Akbar, like all men, great or petty, lived with the limitations of his period and its circles of ideas. And a Turkoman, ruling in India, was necessarily ignorant of much that Europe had been painfully learning for a thousand years. He knew nothing of the growth of a popular consciousness in Europe, and little or nothing of the wide educational possibilities that the church had been working out in the West. Something more than an occasional dispute with a Christian missionary was needed for that. His upbringing in Islam and his native genius made it plain to him that a great nation in India could only be cemented by common ideas upon a religious basis, but the knowledge of how such a solidarity could be created and sustained by universal schools, cheap books, and a university system at once organized and free to think, to which the modern state is still feeling its way, was as impossible to him as a knowledge of steamboats or aeroplanes. The form of Islam he knew best was the narrow and fiercely intolerant form of the Turkish Sunnites. The Moslems were only a minority of the population. The problem he faced was, indeed, very parallel to the problem of Constantine the Great. But it had peculiar difficulties of its own. He never got beyond an attempt to adapt Islam to a wider appeal by substituting for "There is one God, and Muhammad is his prophet," the declaration, "There is one God, and the Emperor is his regent." This he thought might form a common platform for every variety of faith in India, that kaleidoscope of religions. With this faith he associated a simple ritual borrowed from the Persian Zoroastrians (the Parsees), who still survived, and survive to-day, in India. This new state religion, however, died with him, because it had no roots in the minds of the people about him.
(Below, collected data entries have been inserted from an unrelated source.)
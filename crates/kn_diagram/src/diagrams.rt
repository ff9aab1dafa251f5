//! Reduced ordered binary decision diagrams (Bryant): all nodes in one table, where equal functions have equal nodes.
ghost use Rattle.std.specs.Prelude.{ℕ, ◌≡◌, ◌+◌, ◌<◌, ◌≤◌, ◌&&◌, ◌||◌, ◌↔◌, min, Bool, true, false, [], length, slice_index, nat_eq, if◌then◌else◌, OnOk, OnErr, IfOk, IfErr, IfSome, IfNone, is_none, nat_lt};
ghost use Rattle.std.specs.List.{IsDistinct, AllByRecursion, list_any};
ghost use Rattle.kn_logic.specs.Constraints.{is_clause};
ghost use Rattle.kn_logic.specs.Assignments.{value_of};
ghost use Rattle.kn_diagram.specs.Widths.{IsWidest};
ghost use Rattle.kn_diagram.specs.Wide.{IfWide, IsWideAt, IsWide, DependsOn, Ignores};
ghost use Rattle.kn_diagram.specs.Censuses.{StayParts, WouldBeWide};
ghost use Rattle.kn_diagram.specs.Traces.{connective, AreExplained, Gains, IsRight, Explains};
ghost use Rattle.kn_diagram.specs.Diagrams.{IsNode, function_of, depth_of, depth_in, is_true_by, asks, IsBranch, IsCanonical, HasNodes, IsTable, IsSplit, IsMade, Keeps};

use crate::census::Census;
use crate::joint::{Joint, decided};
use crate::memo::Memo;
use crate::rows::Rows;
use crate::width::NARROW;
use crate::{DiagramError, Node, Trace, width};
use kn_logic::{Assignment, Constraint, Lit, NoMemory};
use std::alloc::{AllocError, Global};
use std::marker::Model;

/// As many nodes as a table can have.
const MOST: usize = 1 << 48;

/// Decision diagrams over one order of variables.
#[derive(Drop)]
pub struct Diagrams {
    order: Vec<u64>,
    rows: Rows,
}

impl Model for Diagrams {
    ghost use Rattle.kn_diagram.specs.Diagrams.{Table, IsTable};

    ghost Value = { Table };

    ghost view = { λ d. record { order = d.order.items; rows = d.rows } };

    ghost invariant = { λ d. IsTable (record { order = d.order.items; rows = d.rows }) };
}
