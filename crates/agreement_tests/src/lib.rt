//! Tests of key agreement and of received frames that no command can show: lives of a station's peer
//! lists and keys, two stations of a group, receive slots, and what is told of secrets, with what
//! they come to by other programs or worked out by hand.
#![tactic(auto)]

#[cfg(test)]
mod key_lives;
#[cfg(test)]
mod peers;
#[cfg(test)]
mod receiving;
#[cfg(test)]
mod secrets;
#[cfg(test)]
mod station_frames;
#[cfg(test)]
mod stations;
The essential factor in the organization of a living state, the world is coming to realize, is the organization of an education. This Akbar never understood. And he had no class of men available who would suggest such an idea to him or help him to carry it out. The Moslem teachers in India were not so much teachers as conservators of an intense bigotry; they did not want a common mind in India, but only a common intolerance in Islam. The Brahmins, who had the monopoly of teaching among the Hindus, had all the conceit and slackness of hereditary privilege. Yet, though Akbar made no general educational scheme for India, he set up a number of Moslem and Hindu schools.

H. G. Wells. THE OUTLINE OF HISTORY. Volume II. Garden City, New York, GARDEN CITY BOOKS, 1961, p. 579

The judgments in this fragment slightly differ from the judgments published in those pieces of information, which I quoted in my previous message, hence the title of this message.